ARC representation
The ARC is a flexible and comprehensive research data management ( RDM ) framework. It not only facilitates FAIR (Findable, Accessible, Interoperable, Reusable) documentation, storage, and collaboration but also empowers researchers to create their own FAIR Digital Objects (FDOs) using a broad set of tools and services, all without being locked into a specific platform or toolset.
The ARC data model encompasses the necessary entities to document the full research cycle effectively. However, this model can be expressed in various formats, each offering distinct advantages. These different representations enhance accessibility and usability for a variety of users and workflows. Currently, two ARC representations have been specified, and while the unified ARC Scaffold is highly encouraged to maintain consistency across user perspectives, domain-specific adaptations are also possible to suit particular needs.
#Two Sides of the Same Coin
The two main ARC representations are the ARC RO-Crate and the ARC Scaffold. Both adhere to the same underlying data model, making conversion between them straightforward and requiring no complex mapping. This seamless transition ensures frictionless collaboration, even between users who prefer different representations. Think of the ARC RO-Crate as a more machine-friendly, compiled version of the ARC Scaffold, which is geared toward human input and interaction.
#ARC RO-Crate
The ARC RO-Crate is an extension of the RO-Crate framework. It follows the structural rules of RO-Crate , where metadata is stored in a JSON-LD file, bundled with the associated data files in a ZIP archive. This representation is particularly suited for RDM experts and developers, as the JSON-LD format simplifies integration with other systems. Additionally, it serves as the main format for exchanging data with other RDM platforms, making it a crucial part of ARC’s interoperability.
#ARC Scaffold
The ARC Scaffold offers a file system-based representation of the ARC. Datasets are organized into folders, categorized by their type, and include accompanying metadata files. Experimental data and process descriptions are accompanied by metadata in tabular XLSX format, following the ISA -XLSX standard. Datasets containing workflows and run descriptions are paired with metadata in YAML format, adhering to the Common Workflow Language ( CWL ) specification. This representation is designed for use by researchers, experimenters, and data stewards, as its folder-based structure and familiar XLSX metadata format align closely with traditional scientific documentation workflows. The ARC Scaffold is ideal for those involved in hands-on RDM , offering an intuitive, human-readable approach to RDM while maintaining compliance with FAIR principles.
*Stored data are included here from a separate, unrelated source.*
// A question about a row below a table, as its demand is lent.
ghost use Rattle.std.specs.Prelude.{◌≤◌, length};
ghost use Rattle.findings.specs.Asking.{most_above};
ghost use Rattle.findings.specs.Prepared.{Prepares};

use crate::preparing::Prepared;
use bounds::Bound;
use rows::{Row, Table};

/// The demand of a row below a table by a bound, to be read: its amounts, the instants at which it is
/// served, and its test points (docs/RULES.md, Rests). `of` makes it.
#[derive(Drop)]
pub struct Demand<'a, B: Bound> {
    pub(crate) bound: &'a B,
    pub(crate) row: &'a Row,
    pub(crate) above: &'a Table,
    pub(crate) prepared: Prepared,
    pub(crate) ghost few: { length above.now.rows ≤ most_above },
    pub(crate) ghost kept: { Prepares (B.meaning bound.now) above.now.frame.ticks above.now.rows prepared },
}
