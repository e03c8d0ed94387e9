// The findings of the rows of a table, counted into a list.
ghost use Rattle.std.specs.Prelude.{◌≡◌, ◌≤◌, map, length, drop, MatchResult, OnOk};
ghost use Rattle.rows.specs.Answers.{answer, checked};
ghost use Rattle.rows.specs.Lists.{written, StaysOutside};
ghost use Rattle.findings.specs.Countable.{CanBeCounted};
ghost use Rattle.rows.specs.Times.{most_rows};
ghost use Rattle.findings.specs.Asking.{list_checks};
ghost use Rattle.rows.specs.Found.{tells};
ghost use Rattle.findings.specs.Tables.{findings_of, TableSays};

use crate::loads::Load;
use crate::preparing::Prepared;
use bounds::Bound;
use rows::{Fault, Finding, Frame, Refusal, Row, Table};

// Puts the findings of the rows from a place on into the list, each at its row's place. Each row is
// searched from where the row above was served, plus its own work.
fn fill<B: Bound>(bound: &B, frame: &Frame, rows: &[Row], from: usize, list: &mut [Finding])
    requires countable { CanBeCounted most_rows frame.now.ticks rows.now }
    requires room { length rows.now ≤ length list.old }
    ensures filled { map tells list.new
        ≡ written (map tells list.old) from
        (drop from (findings_of (B.meaning bound.now) frame.now rows.now)) }
    ensures stay { StaysOutside from (length rows.now) list.old list.new }
{
    let mut prepared = Prepared::new();
    prepared.keep(bound, frame, &rows[..from.min(rows.len())]);
    let mut late = 0;
    for i in from..rows.len() {
        let row = &rows[i];
        let last = row.window();
        {
            let load = Load::new(bound, frame, row.work, &rows[0..i], &prepared);
            late = load.reach((late + row.work).min(last + 1), last);
            list[i] = load.search(late, last);
        }
        prepared.add(bound, frame, rows, i);
    }
}

/// The findings of the rows of a table, each below the rows before it, put into the list in rank
/// order (docs/RULES.md, Findings). The first `from` places stay, and those past the last row.
///
/// Refused with 12, short list, at 0 where the list has fewer places than there are rows. A refused
/// call leaves the list as it was.
pub fn recount<B: Bound>(
    bound: &B,
    table: &Table,
    from: usize,
    list: &mut [Finding],
) -> Result<(), Fault>
    ensures answered { answer (λ u. u) result
        ≡ checked (list_checks (length table.now.rows) (length list.old)) tt }
    ensures filled { MatchResult result (λ _. map tells list.new
        ≡ written (map tells list.old) from
        (drop from (findings_of (B.meaning bound.now) table.now.frame table.now.rows)))
        (λ _. list.new ≡ list.old) }
    ensures stay { StaysOutside from (length table.now.rows) list.old list.new }
    ensures says { OnOk result
        (TableSays (B.meaning bound.now) table.now.frame table.now.rows) }
{
    let rows = table.rows();
    if list.len() < rows.len() {
        return Err(Refusal::ShortList.at(0));
    }
    fill(bound, table.frame(), rows, from, list);
    Ok(())
}
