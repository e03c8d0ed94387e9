// A tree of keys: at the root, which is node 1, stands no more than at any leaf. Below node k stand
// the nodes 2 k and 2 k + 1, and the leaves are nodes 32 to 63.
ghost use Rattle.std.specs.Prelude.{◌≡◌, ◌≢◌, ℕ, ◌+◌, ◌<◌, ◌≤◌, length, slice_index_or};
ghost use Rattle.findings.specs.Trees.{IsTree, LeavesUnder};

// Raises a leaf, and what stands above it.
pub(crate) fn raise(keys: &mut [u32; 64], leaf: usize, key: u32)
    requires outer { 32 ≤ leaf }
    requires within { leaf < 64 }
    requires more { slice_index_or keys.old leaf 0 ≤ key }
    requires tree { IsTree keys.old }
    ensures tree { IsTree keys.new }
    ensures there { slice_index_or keys.new leaf 0 ≡ key }
    ensures others { (k : ℕ) → 32 ≤ k → k ≢ leaf → slice_index_or keys.new k 0 ≡ slice_index_or keys.old k 0 }
{
    keys[leaf] = key;
    let mut node = leaf;
    let mut least = key;
    for _ in 0..5 {
        let other = keys[4 * (node / 2) + 1 - node];
        node /= 2;
        least = least.min(other);
        keys[node] = least;
    }
}

// Keys of which the leaves tell the instants of a list, each with its place, and the others nothing yet.
fn leaves(nexts: &[u32]) -> [u32; 64]
    requires few { length nexts.now ≤ 32 }
    requires near { (k : ℕ) → k < length nexts.now → slice_index_or nexts.now k 0 ≤ 16777217 }
    ensures zero { (k : ℕ) → k < 32 → slice_index_or result k 0 ≡ 0 }
    ensures leaves { LeavesUnder nexts.now result }
{
    let mut keys = [0; 64];
    keys[32..].fill(u32::MAX);
    for (place, next) in nexts.iter().enumerate() {
        keys[32 + place] = next * 32 + place as u32;
    }
    keys
}

// Puts at a node the lesser of what stands below it.
fn settle(keys: &mut [u32; 64], node: usize)
    requires inner { node < 32 }
    requires tree { IsTree keys.old }
    ensures tree { IsTree keys.new }
    ensures leaves { (k : ℕ) → 32 ≤ k → slice_index_or keys.new k 0 ≡ slice_index_or keys.old k 0 }
{
    keys[node] = keys[2 * node].min(keys[2 * node + 1]);
}

// The tree whose leaves tell the instants of a list, each with its place.
pub(crate) fn planted(nexts: &[u32]) -> [u32; 64]
    requires few { length nexts.now ≤ 32 }
    requires near { (k : ℕ) → k < length nexts.now → slice_index_or nexts.now k 0 ≤ 16777217 }
    ensures tree { IsTree result }
    ensures leaves { LeavesUnder nexts.now result }
{
    let mut keys = leaves(nexts);
    for node in (1..32).rev() {
        settle(&mut keys, node);
    }
    keys
}
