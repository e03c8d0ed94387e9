// Whether what is counted of a table has a place for each row.
ghost use Rattle.std.specs.Prelude.{◌≡◌, ◌≤◌, OnOk};
ghost use Rattle.rows.specs.Answers.{answer, checked};
ghost use Rattle.rows.specs.Times.{most_rows};
ghost use Rattle.findings.specs.Asking.{size_checks};

use rows::{Fault, MOST_ROWS, Refusal};

/// Whether a table of so many rows can be counted into a list of so many places, one for each row.
///
/// Refused, each at 0, with 9, full table, above 32 rows, and 12, short list, with fewer places than
/// rows (docs/REFUSALS.md).
pub fn check_size(rows: usize, places: usize) -> Result<(), Fault>
    ensures answered { answer (λ u. u) result ≡ checked (size_checks rows places) tt }
    ensures few { OnOk result (rows ≤ most_rows) }
    ensures room { OnOk result (rows ≤ places) }
{
    if rows > MOST_ROWS {
        return Err(Refusal::FullTable.at(0));
    }
    if places < rows {
        return Err(Refusal::ShortList.at(0));
    }
    Ok(())
}
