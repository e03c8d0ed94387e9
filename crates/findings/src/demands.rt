// The demand of a load at an instant, and the next instant to test.
ghost use Rattle.std.specs.Prelude.{◌≡◌, ◌<◌, ◌≤◌, fold, get_or, length, min};
ghost use Rattle.std.specs.List.{filter_map};
ghost use Rattle.rows.specs.declared.tasks.Row.{Row as TheRow};
ghost use Rattle.rows.specs.Times.{horizon};
ghost use Rattle.bounds.specs.Answering.{corner_after};
ghost use Rattle.bounds.specs.Instants.{IsFirst};
ghost use Rattle.bounds.specs.Questions.{asked_at, asked_frame, asked_row};
ghost use Rattle.findings.specs.Asking.{most_above};
ghost use Rattle.findings.specs.Demand.{load, demand, is_rest};
ghost use Rattle.findings.specs.Findings.{is_tested};
ghost use Rattle.findings.specs.Countable.{CanBeCounted};
ghost use Rattle.findings.specs.Loads.{load_of};
ghost use Rattle.findings.specs.Prepared.{Prepares};
ghost use Rattle.findings.specs.Served.{exact_of};

use crate::loads::Load;
use crate::preparing::Prepared;
use bounds::{Asked, Bound};
use rows::{Frame, Row};

impl<'a, B: Bound> Load<'a, B> {
    // The load of some own work below rows that passed their checks.
    pub(crate) fn new(
        bound: &'a B,
        frame: &Frame,
        own: u32,
        above: &'a [Row],
        prepared: &'a Prepared,
    ) -> Self
        requires countable { CanBeCounted most_above frame.now.ticks above.now }
        requires small { own ≤ horizon }
        requires kept { Prepares (B.meaning bound.now) frame.now.ticks above.now prepared.now }
        ensures { load_of result ≡ load (B.meaning bound.now) frame.now.ticks own above.now }
    {
        Load {
            bound,
            frame: frame.ticks(),
            own,
            above,
            prepared,
        }
    }

    // The question how much the row at a place above can demand up to an instant.
    fn asked(&self, place: usize, at: u32) -> Asked<'_>
        requires there { place < length self.now.above.now }
        requires near { at ≤ horizon }
        ensures frame { asked_frame result ≡ self.now.frame }
        ensures row { (d : TheRow) → asked_row result ≡ get_or self.now.above.now place d }
        ensures at { asked_at result ≡ at }
    {
        self.prepared.rows[place].at(at).unwrap()
    }

    // The exact demand up to the instant, in units of work.
    pub(crate) fn exact(&self, at: u32) -> u32
        requires near { at ≤ horizon }
        ensures { result ≡ exact_of (load_of self.now) at }
    {
        let mut demand = self.own;
        for i in 0..self.above.len() {
            demand += self.asked(i, at).steps();
        }
        demand
    }

    // The least of an instant and the next corners of the rows above.
    fn nearest_corner(&self, after: u32, last: u32) -> u32
        ensures { result ≡ fold min last (filter_map
            (λ r. corner_after (B.meaning self.now.bound.now) r after) self.now.above.now) }
    {
        self.above
            .iter()
            .filter_map(|row| self.bound.corner_after(row, after))
            .fold(last, |next, corner| next.min(corner))
    }

    // All that is demanded up to the instant, in parts.
    pub(crate) fn demand(&self, at: u32) -> u64
        requires { at ≤ horizon }
        ensures { result ≡ demand (load_of self.now) at }
    {
        let mut demand = u64::from(self.frame) * u64::from(self.own);
        for i in 0..self.above.len() {
            demand += self.bound.amount_asked(&self.asked(i, at));
        }
        demand
    }

    // Whether all that is demanded up to the instant is served by it.
    pub(crate) fn is_rest(&self, at: u32) -> bool
        requires { at ≤ horizon }
        ensures { result ≡ is_rest (load_of self.now) at }
    {
        self.demand(at) <= u64::from(self.frame) * u64::from(at)
    }

    // The first test point after the instant, for a row that may rest up to `last`.
    pub(crate) fn next_point(&self, after: u32, last: u32) -> u32
        requires before { after < last }
        requires near { last ≤ horizon }
        ensures { IsFirst (is_tested (load_of self.now) last) after last result }
    {
        self.nearest_corner(after, last)
    }
}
#Flexibility for Different Use Cases
ARC’s versatility ensures that both experts and non-experts can benefit from a tailored approach to RDM . Whether working with the highly structured, machine-friendly ARC RO-Crate or the more user-centered ARC Scaffold, the core data model remains consistent. This alignment enables seamless collaboration and data exchange across platforms, user preferences, and research domains.